---- Given information

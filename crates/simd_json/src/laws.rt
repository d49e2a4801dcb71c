//! Laws of the statement that all entry points share, and of the documents of values. Each function
//! has an empty body: its contract is the law.
ghost use Rattle.std.specs.Prelude.{◌≡◌, ◌≤◌, ◌↔◌, ◌∷◌, ℕ, List, length, take, Option, Some, None};
ghost use Rattle.std.specs.Prelude.{Ok, IsSome};
ghost use Rattle.std.specs.Result.{result_err};
ghost use Rattle.simd_json.specs.Beneath.{beneath, descendants};
ghost use Rattle.simd_json.specs.Parsed.{HasMemory, IsPaddedParse, IsParse, IsRejected};
ghost use Rattle.simd_json.specs.Parsed.{answered_nodes};
ghost use Rattle.simd_json_stages.specs.Capacities.{positions_after};
ghost use Rattle.simd_json.specs.Capacities.{KeepsCapacities, Capacities, capacity};
ghost use Rattle.simd_json_parts.specs.Answer.{answer};
ghost use Rattle.simd_json_parts.specs.Document.{Document};
ghost use Rattle.simd_json_parts.specs.Grammar.{Denotes};
ghost use Rattle.simd_json_parts.specs.InputFaults.{input_fault, padding_fault};
ghost use Rattle.simd_json_parts.specs.Limits.{WithinLimits, depth, max_length};
ghost use Rattle.simd_json_parts.specs.Listing.{listing};
ghost use Rattle.simd_json_parts.specs.Views.{member_count};
ghost use Rattle.simd_json_parts.specs.Nodes.{Item};
ghost use Rattle.simd_json_parts.specs.Headers.{count_of, len_of};
ghost use Rattle.simd_json_parts.specs.Printed.{compact, pretty};
ghost use Rattle.simd_json.specs.PrintedAgain.{IsParsedAgain};
ghost use Rattle.simd_json.specs.Viewed.{doc};
ghost use Rattle.simd_json.specs.declared.value.tape.value.Value.{Value};
ghost use Rattle.simd_json_parts.specs.declared.error.Error.{Error};

/// A parse in which no allocation fails returns the result of the definitions, with the nodes of
/// their document, and lists the structural indexes that belong to this result.
pub fn parses_are_answers()
    ensures { (b : List ℕ) (limit capacity : ℕ) (fault : Option Error)
        (nodes : List Item) (listed : List ℕ)
        → IsParse b limit capacity fault nodes listed → HasMemory fault
        → (fault ≡ result_err (answer b limit)) × (nodes ≡ answered_nodes (answer b limit))
        × (listed ≡ positions_after b (result_err (answer b limit))) }
{}

/// So two parses of the same bytes with the same limit agree, whatever the entry point and whatever
/// buffers and tape held. A parse of the padded form is one of its document's bytes, whatever the
/// padding holds.
pub fn parses_agree()
    ensures same { (b : List ℕ) (limit capacity capacity2 : ℕ) (fault fault2 : Option Error)
        (nodes nodes2 : List Item) (listed listed2 : List ℕ)
        → IsParse b limit capacity fault nodes listed
        → IsParse b limit capacity2 fault2 nodes2 listed2
        → HasMemory fault → HasMemory fault2
        → (fault ≡ fault2) × (nodes ≡ nodes2) × (listed ≡ listed2) }
    ensures padded { (s : List ℕ) (len limit capacity : ℕ) (fault : Option Error)
        (nodes : List Item) (listed : List ℕ) → padding_fault s len ≡ None
        → IsPaddedParse s len limit capacity fault nodes listed
        → IsParse (take len s) limit capacity fault nodes listed }
    ensures padding { (s s2 : List ℕ) (len limit capacity capacity2 : ℕ)
        (fault fault2 : Option Error) (nodes nodes2 : List Item) (listed listed2 : List ℕ)
        → padding_fault s len ≡ None → padding_fault s2 len ≡ None
        → take len s ≡ take len s2
        → IsPaddedParse s len limit capacity fault nodes listed
        → IsPaddedParse s2 len limit capacity2 fault2 nodes2 listed2
        → HasMemory fault → HasMemory fault2
        → (fault ≡ fault2) × (nodes ≡ nodes2) × (listed ≡ listed2) }
{}

/// A parse that has capacity for its bytes does not return `OutOfMemory`.
pub fn capacity_suffices()
    ensures { (b : List ℕ) (limit capacity : ℕ) (fault : Option Error)
        (nodes : List Item) (listed : List ℕ)
        → IsParse b limit capacity fault nodes listed → length b ≤ capacity
        → HasMemory fault }
{}

/// If no list gets shorter and the limit stays, capacity does not shrink.
pub fn kept_lists_keep_capacity()
    ensures { (old new : Capacities) → new.limit ≡ old.limit → KeepsCapacities old new
        → capacity old ≤ capacity new }
{}

/// An error has a character exactly if it is a token's: if the input as a whole has no error.
pub fn faults_of_tokens_have_characters()
    ensures { (b : List ℕ) (limit : ℕ) (e : Error) → IsRejected b limit e
        → (IsSome e.character ↔ (input_fault b ≡ None)) }
{}

/// A document is known by its listing.
pub fn documents_are_known_by_their_listing()
    ensures { (d e : Document) → listing d ≡ listing e → d ≡ e }
{}

/// So the document of a parsed tape's value, whose listing is the tape's, is the document that the
/// bytes denote.
pub fn values_stand_for_parsed_documents()
    ensures { (b : List ℕ) (limit capacity : ℕ) (nodes : List Item) (listed : List ℕ)
        (d : Document)
        → IsParse b limit capacity None nodes listed → listing d ≡ nodes
        → Denotes b d × WithinLimits b d limit × (answer b limit ≡ Ok d) }
{}

/// The values at most `n` levels beneath a value are all of them, if the value is no deeper than
/// `n`.
pub fn descendants_within_the_depth_are_all()
    ensures { (d : Document) (n : ℕ) → depth d ≤ n → beneath n d ≡ descendants d }
{}

/// The first node of a listing has the number of nodes beneath it and of the document's members.
pub fn headers_count_nodes_and_members()
    ensures { (d : Document) (header : Item) (beneath : List Item)
        → listing d ≡ header ∷ beneath
        → (length beneath ≡ count_of header) × (len_of header ≡ member_count d) }
{}

/// The printed text of a value, parsed again with a limit of at least its depth, is the value's
/// document, with zeros unsigned, which is equal to it: unless an allocation fails or the text is
/// too long.
pub fn printed_values_are_parsed_again()
    ensures compact { (v : Value) (limit capacity : ℕ) (fault : Option Error)
        (nodes : List Item) (listed : List ℕ)
        → length (compact (doc v)) ≤ max_length → depth (doc v) ≤ limit
        → IsParse (compact (doc v)) limit capacity fault nodes listed → HasMemory fault
        → IsParsedAgain (doc v) fault nodes }
    ensures pretty { (v : Value) (limit capacity : ℕ) (fault : Option Error)
        (nodes : List Item) (listed : List ℕ)
        → length (pretty (doc v)) ≤ max_length → depth (doc v) ≤ limit
        → IsParse (pretty (doc v)) limit capacity fault nodes listed → HasMemory fault
        → IsParsedAgain (doc v) fault nodes }
{}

--------

■ **Work item**: Give again, word for word, every line of the listing above from the one with "the document's members." to the one with "is the value's", both inclusive, and nothing beyond them.

■ **Written answer**:
/// The first node of a listing has the number of nodes beneath it and of the document's members.
pub fn headers_count_nodes_and_members()
    ensures { (d : Document) (header : Item) (beneath : List Item)
        → listing d ≡ header ∷ beneath
        → (length beneath ≡ count_of header) × (len_of header ≡ member_count d) }
{}

/// The printed text of a value, parsed again with a limit of at least its depth, is the value's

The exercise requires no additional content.